> _THE PROBLEM_
Working from the records below, repeat exactly the lines starting at the line that contains "ReadBack GoodList mech_type_list" and ending at the line that contains "pub fn a_legal_token_has_no_other_writing()", inclusive.

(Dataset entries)
┌──
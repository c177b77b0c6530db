ghost use Rattle.der.specs.Promises.{ReadBack, OneWriting, WrittenAgain};
ghost use Rattle.mech_types.specs.Lists.{mech_type_list, GoodList};
ghost use Rattle.mech_types.specs.Reading.{read_mech_type_list};
ghost use Rattle.spnego.specs.Reading.{read_targ, read_init};
ghost use Rattle.spnego.specs.Tokens.{targ_bytes, TargWellFormed, init_bytes, InitWellFormed};

// Reading what was written gives the same fields, for both tokens and the list of mechanisms.
pub fn fields_written_are_read_back()
    ensures targ { ReadBack TargWellFormed targ_bytes read_targ }
    ensures init { ReadBack InitWellFormed init_bytes read_init }
    ensures list { ReadBack GoodList mech_type_list read_mech_type_list }
{}

// Well-formed fields with the same bytes are the same fields, and a legal token is the writing of what is read from it.
pub fn a_legal_token_has_no_other_writing()
    ensures targ { (OneWriting TargWellFormed targ_bytes) × (WrittenAgain targ_bytes read_targ) }
    ensures init { (OneWriting InitWellFormed init_bytes) × (WrittenAgain init_bytes read_init) }
    ensures list { (OneWriting GoodList mech_type_list) × (WrittenAgain mech_type_list read_mech_type_list) }
{}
└──
> _RESULT OF THIS TASK_
    ensures list { ReadBack GoodList mech_type_list read_mech_type_list }
{}

// Well-formed fields with the same bytes are the same fields, and a legal token is the writing of what is read from it.
pub fn a_legal_token_has_no_other_writing()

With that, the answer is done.